What needs to be done |
Reproduce, with no changes, the line that contains "mod calls_of_states;" and all the lines that come after it in the records.

::: Data for this exercise

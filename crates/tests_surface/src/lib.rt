//! Tests of what a host calls: a store and its state, the loop, and the calls of its instances; each public call once, on its happy path.
//!
//! They are in a crate of their own, so that those crates are proved without them.
#![tactic(auto)]

#[cfg(test)]
mod calls_of_states;
#[cfg(test)]
mod drive;
#[cfg(test)]
mod hosts;
#[cfg(test)]
mod instance_calls;
#[cfg(test)]
mod polls;
#[cfg(test)]
mod store;
#[cfg(test)]
mod typed;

::::::

Task result |
mod calls_of_states;
#[cfg(test)]
mod drive;
#[cfg(test)]
mod hosts;
#[cfg(test)]
mod instance_calls;
#[cfg(test)]
mod polls;
#[cfg(test)]
mod store;
#[cfg(test)]
mod typed;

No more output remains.